For instance, the first of the document’s five priority areas has to so with Labour Market Information (LMI). Now, I am not against better LMI, but the federal government’s long-held view that LMI is important less for purposes of educational program planning than because it is some kind of cure for unemployment in and of itself is kind of disturbing. There are a whole bunch of recommendations around LMI, career planning, and transparency re: how courses relate to skills. These skills in turn relate to jobs which, even if it were all possible for the Feds to do this properly (and I have deep, deep reservations about that) amount to saying that the Government of Canada should build a really big jobs and skills website. Seriously, that’s all it is, a website. I would merely point out here that it was Rachel Wernick (the ESDC ADM who was somewhat unfairly placed at the centre of the WE Charity controversy), who correctly pointed out back in the summer that the Government of Canada is crap at digital (I am, of course, paraphrasing). The idea that a government-run career website is one of five key pillars to making Canada a learning nation is something that could only occur to someone who does not actually run any part of the educational system.

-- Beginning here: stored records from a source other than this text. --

// A session: lines served one by one over a mounted volume.
ghost use Rattle.std.specs.Prelude.{◌≡◌, ◌≤◌, ◌⊎◌, false, true, None, Some, Ok, is_some, IfOk, IfSome, OnOk, IsErrOf, IsTrue, IsOk};
ghost use Rattle.vdisk.specs.Causes.{Rose, HasCause};
ghost use Rattle.cmdlet_line.specs.Lines.{line_of};
ghost use Rattle.cmdlet_line.specs.Spelled.{AreInRange};
ghost use Rattle.script_items.specs.Script.{item_of};
ghost use Rattle.plain_volume.specs.Volume.{Volume as PlainVolume};
ghost use Rattle.volume_core.specs.Volumes.{device_of, disk_of, stopped, IsKept};
ghost use Rattle.ddpsh.specs.Bounds.{WantsAreSpent};
ghost use Rattle.ddpsh.specs.Served.{asked_as, StaysSame};
ghost use Rattle.ddpsh.specs.Answers.{makes_none, may_stop};
ghost use Rattle.ddpsh.specs.Clocks.{IsRead, KeepsSecond, ReadsClock};
ghost use Rattle.ddpsh.specs.Saying.{is_flushed, ended_by};

use crate::acks::Ack;
use crate::calls::answer;
use answer_text::{Answered, SessionFault, put_all};
use cmdlet_line::laws::what_is_asked_is_in_range;
use cmdlet_line::{Line, LineFault, parse};
use plain_volume::Fault;
use std::alloc::Global;
use vdisk::{Clock, Disk, Failed, Sink};
use volume_core::Volume;
use volume_core::laws::what_is_wanting_is_spent;

/// A mounted volume with what a script over it needs: its volume text, and how many calls were made.
#[derive(Drop)]
pub struct Session<D: Disk> {
    volume: Volume<D>,
    text: [u8; 2],
    turns: u32,
    cores: u32,
    /// The user calls made so far, refused ones among them.
    calls: u64,
    /// The last reading of the clock, 0 before the first.
    second: u64,
    /// What the last line acknowledged, or the end of the script.
    ack: Option<Ack>,
    /// Whether the volume was let go, or its script is at its end.
    over: bool,
    /// The room of the last answer, which the next one goes into; None before the first.
    room: Option<Vec<u8>>,
}

/// Reads the clock, but for a line that asks nothing: that leaves the last reading.
fn read_clock<C: Clock>(
    clock: &mut C,
    asked: Result<Line, LineFault>,
    second: u64,
) -> Result<u64, Failed>
    ensures read { IsRead (asked_as asked.entry) (C.answers clock.old) (C.answers clock.new) result }
    ensures kept { IfOk result (λ now. KeepsSecond (asked_as asked.entry) (Ok now) second now) }
    ensures cause { HasCause (C.faults clock.old) (C.faults clock.new) result }
{
    match asked {
        Ok(Line::Silent) => Ok(second),
        _ => clock.now(),
    }
}

/// Room for an answer: what was kept of the last one, with whatever it holds.
fn answer_room(kept: Option<Vec<u8>>, alloc: Global) -> Vec<u8>
    ensures { IfSome kept (λ room. result ≡ room) }
{
    match kept {
        Some(room) => room,
        None => Vec::new(alloc),
    }
}

/// Whether the line is a `flush` that was answered `ok`.
fn is_flushed(asked: Result<Line, LineFault>, answered: Answered) -> bool
    ensures { result ≡ is_flushed (asked_as asked.entry) answered }
{
    match asked {
        Ok(Line::Flush) => answered == Answered::Ok,
        _ => false,
    }
}

/// Where a resource is wanting for a call on the session's volume, it is spent.
pub(crate) fn wants_are_spent<D: Disk>(session: &Session<D>)
    ensures { WantsAreSpent session.now.volume }
{
    what_is_wanting_is_spent(&session.volume);
}

/// How a session ends where its last flush is refused.
fn ended_by(fault: Fault) -> Result<Answered, SessionFault>
    requires { (fault ≡ Fault.Failed) ⊎ (fault ≡ Fault.Worn) }
    ensures { result ≡ ended_by fault }
{
    match fault {
        Fault::Failed => Err(SessionFault::Device),
        Fault::Worn => Ok(Answered::Refused),
        _ => unreachable!(),
    }
}

impl<D: Disk> Session<D> {
    ghost use Rattle.ddpsh.specs.Sessions.{is_over, is_last, is_volume_text, ack_now, let_go, acknowledge, HasCome, IsSameBeside, DoesLine, DoesEnd};

    /// A session over a volume on which no job was started since its mount or format. The text is a letter and a
    /// colon. So many turns of each running job follow an answered line, and batches of jobs are worked on by so many
    /// threads; in this version there are no jobs.
    pub fn new(volume: Volume<D>, text: [u8; 2], turns: u32, cores: u32) -> Session<D>
        requires { IsTrue (is_volume_text text) }
        ensures volume { result.volume ≡ volume }
        ensures text { result.text ≡ text }
        ensures calls { result.calls ≡ 0 }
        ensures ack { result.ack ≡ None }
        ensures over { is_over result ≡ stopped volume }
    {
        Session {
            volume,
            text,
            turns,
            cores,
            calls: 0,
            second: 0,
            ack: None,
            over: false,
            room: None,
        }
    }

    /// Whether no further line may come: after an `exit` that let the volume go, after `end`, and where a write or a
    /// sync of the disk has failed.
    pub fn is_over(&self) -> bool
        ensures { result ≡ is_over self.now }
    {
        self.over || self.volume.is_stopped()
    }

    /// What the last line, or the end, acknowledged: None where it was no `flush` that was answered `ok`, and let no
    /// volume go.
    pub fn ack(&self) -> Option<Ack>
        ensures { result ≡ self.now.ack }
    {
        self.ack
    }

    /// The disk's moment now, and the number of calls so far.
    fn ack_now(&self) -> Ack
        ensures { result ≡ ack_now self.now }
    {
        Ack {
            moment: self.volume.moment(),
            calls: self.calls,
        }
    }

    /// Hands the disk back, with whatever is on it.
    pub fn into_disk(self) -> D
        ensures { result ≡ device_of self.volume }
    {
        self.volume.into_disk()
    }

    /// After an `exit` that made all durable the session is over, and that is acknowledged.
    fn let_go(&mut self, answered: Answered)
        ensures { self.new ≡ let_go answered self.old }
    {
        if answered == Answered::Exit {
            self.over = true;
            self.ack = Some(self.ack_now());
        }
    }

    /// Acknowledges all calls so far, where they are durable.
    fn acknowledge(&mut self, durable: bool)
        ensures { self.new ≡ acknowledge durable self.old }
    {
        if durable {
            self.ack = Some(self.ack_now());
        }
    }

    /// Keeps the room of an answer for the next one.
    fn keep_room(&mut self, room: Vec<u8>)
        ensures { self.new ≡ record self.old { room = Some room } }
    {
        self.room = Some(room);
    }

    /// Serves what a line asks, and makes the text of its answer.
    fn attempt<C: Clock>(
        &mut self,
        alloc: Global,
        asked: Result<Line, LineFault>,
        payload: &[u8],
        text: &mut Vec<u8>,
        clock: &mut C,
    ) -> Result<Answered, SessionFault>
        requires running { stopped self.old.volume ≡ false }
        requires fits { IfOk (asked_as asked) AreInRange }
        ensures told { (w : PlainVolume) → IsKept self.old.volume w →
            HasCome (item_of (asked_as asked.entry) payload.now) self.old self.new result text.new.items }
        ensures rest { IsSameBeside self.old self.new }
        ensures idle { makes_none (item_of (asked_as asked.entry) payload.now) ≡ true →
            HasCome (item_of (asked_as asked.entry) payload.now) self.old self.new result text.new.items }
        ensures stays { may_stop (item_of (asked_as asked.entry) payload.now) ≡ false →
            stopped self.new.volume ≡ false }
        ensures read { ReadsClock (asked_as asked.entry) (C.answers clock.old) (C.answers clock.new) self.old.second
            self.new.second result }
        ensures same { StaysSame self.old.volume self.new.volume }
        ensures runs { OnOk result (stopped self.new.volume ≡ false) }
        ensures disk_later { (disk_of self.old.volume).faults ≤ (disk_of self.new.volume).faults }
        ensures clock_later { C.faults clock.old ≤ C.faults clock.new }
        ensures device { IsErrOf result SessionFault.Device →
            Rose (disk_of self.old.volume).faults (disk_of self.new.volume).faults
            ⊎ Rose (C.faults clock.old) (C.faults clock.new) }
        ensures no_sink { IsErrOf result SessionFault.Sink → ⊥ }
    {
        match read_clock(clock, asked, self.second) {
            Ok(second) => self.second = second,
            Err(_) => return Err(SessionFault::Device),
        }
        let attempt = answer(&mut self.volume, alloc, asked, payload, text);
        self.calls = self.calls.saturating_add(attempt.made);
        attempt.ended
    }

    /// Serves one line: its calls are made, and its answer is written. The line comes without its newline and the
    /// carriage return before that, or by its first 4,097 bytes where it has more. `payload` has what stands behind a
    /// line that takes one: up to COUNT bytes, and the byte in the newline's place; other lines do not look at it. The
    /// clock is read once for a line that is answered, before its calls. The room of the answer is kept for the next
    /// line.
    pub fn line<K: Sink, C: Clock>(
        &mut self,
        alloc: Global,
        line: &[u8],
        payload: &[u8],
        out: &mut K,
        clock: &mut C,
    ) -> Result<Answered, SessionFault>
        requires { is_over self.old ≡ false }
        ensures told { (w : PlainVolume) → IsKept self.old.volume w →
            DoesLine (item_of (line_of self.old.text line.now) payload.now) self.old self.new (K.held out.old)
            (K.held out.new) result }
        ensures idle { makes_none (item_of (line_of self.old.text line.now) payload.now) ≡ true →
            DoesLine (item_of (line_of self.old.text line.now) payload.now) self.old self.new (K.held out.old)
            (K.held out.new) result }
        ensures read { ReadsClock (line_of self.old.text line.now) (C.answers clock.old) (C.answers clock.new)
            self.old.second self.new.second result }
        ensures let_go { IsErrOf result SessionFault.Sink → is_over self.new ≡ is_some self.new.ack }
        ensures stays { may_stop (item_of (line_of self.old.text line.now) payload.now) ≡ false →
            IsErrOf result SessionFault.Device → is_over self.new ≡ false }
        ensures text { self.new.text ≡ self.old.text }
        ensures same { StaysSame self.old.volume self.new.volume }
        ensures runs { IfOk result (λ a. is_over self.new ≡ is_last a) }
        ensures goes_on { OnOk result (stopped self.new.volume ≡ false) }
        ensures disk_later { (disk_of self.old.volume).faults ≤ (disk_of self.new.volume).faults }
        ensures clock_later { C.faults clock.old ≤ C.faults clock.new }
        ensures sink_later { K.faults out.old ≤ K.faults out.new }
        ensures device { IsErrOf result SessionFault.Device →
            Rose (disk_of self.old.volume).faults (disk_of self.new.volume).faults
            ⊎ Rose (C.faults clock.old) (C.faults clock.new) }
        ensures sink { IsErrOf result SessionFault.Sink → Rose (K.faults out.old) (K.faults out.new) }
    {
        what_is_asked_is_in_range();
        self.ack = None;
        let mut text = answer_room(self.room.take(), alloc);
        let asked = parse(line, self.text);
        let answered = match self.attempt(alloc, asked, payload, &mut text, clock) {
            Ok(answered) => answered,
            Err(fault) => return Err(fault),
        };
        let written = put_all(out, &text);
        self.keep_room(text);
        self.let_go(answered);
        match written {
            Ok(()) => {
                self.acknowledge(is_flushed(asked, answered));
                Ok(answered)
            }
            Err(_) => Err(SessionFault::Sink),
        }
    }

    /// Makes the turns of jobs that follow an answered line: in this version there are none.
    pub fn round(&mut self) -> Result<(), SessionFault>
        requires { is_over self.old ≡ false }
        ensures idle { self.new ≡ self.old }
        ensures ok { IsOk result }
    {
        Ok(())
    }

    /// Ends the session where its script is at its end: makes all durable, so that the volume may be let go, and prints
    /// nothing. Answers `Refused` where an epoch is wanting for that.
    pub fn end(&mut self) -> Result<Answered, SessionFault>
        requires { is_over self.old ≡ false }
        ensures told { (w : PlainVolume) → IsKept self.old.volume w → DoesEnd self.old self.new result }
        ensures over { self.new.over ≡ true }
        ensures second { self.new.second ≡ self.old.second }
        ensures same { StaysSame self.old.volume self.new.volume }
        ensures disk_later { (disk_of self.old.volume).faults ≤ (disk_of self.new.volume).faults }
        ensures device { IsErrOf result SessionFault.Device →
            Rose (disk_of self.old.volume).faults (disk_of self.new.volume).faults }
        ensures no_sink { IsErrOf result SessionFault.Sink → ⊥ }
    {
        self.ack = None;
        self.over = true;
        match self.volume.flush() {
            Ok(()) => {
                self.ack = Some(self.ack_now());
                Ok(Answered::Ok)
            }
            Err(fault) => ended_by(fault),
        }
    }
}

(Also: has everyone forgotten that under the Harper government, ESDC poured several million dollars into a nearly identical “labour market information website” that ended up never launching, mainly – so it is rumoured – because it was irretrievably crap? Seems like it might be an important precedent to go back and learn from.)
Bad websites might be a waste of time, but they are at least mostly harmless. Where it gets trickier is in the fourth priority; “Promote, enable and validate skills development and training in all their diverse forms”. Lots of what is in here is of the pious-wish-addressed-to-no-one-in-particular variety (e.g. “develop and expand access to nimble training models”). But there is some specific wording in there on skills and micro-credentials which seems vague and harmless unless you recall September’s Speech from the Throne which hinted that Federal government might soon be in the business of “accrediting” skills. Still not clear what that means if anything, but my spidey senses are still tingling on this one. This is not a road the federal government should head down: disaster lies this way.
Anyways, few ESDC skills papers are any good and most of them die quickly, so it’s not that there is very much unique about this one. Still, I can’t help feeling disappointed. I mean one of the alleged benefits of having a Skills Council is that it might have a little bit of independent perspective, yet this is obviously government prose, and Ottawa government prose at that. An independent Skills Council – especially one with a freaking provincial ADM sitting on it – might have tread some unorthodox paths to incorporating provincial perspectives and generating some useful pan-Canadian energy around a skills agenda. But no, instead we have (let me say it again) a 50-page paper on skills in which the word province appears twice.
It is not impossible to make federalism work in areas of shared jurisdiction. Germany manages it quite well. But it requires a commitment to talking and a willingness to compromise. Constantly. Federalism is a skill: if you stop exercising that skill it will atrophy and wither. Unfortunately, today’s Government of Canada simply can’t be bothered to keep in shape.
I agree.
The results of my thesis confirm your argument.
The results of my thesis looks at how complementarity among institutions and public policies influence the outcomes and effectiveness of training.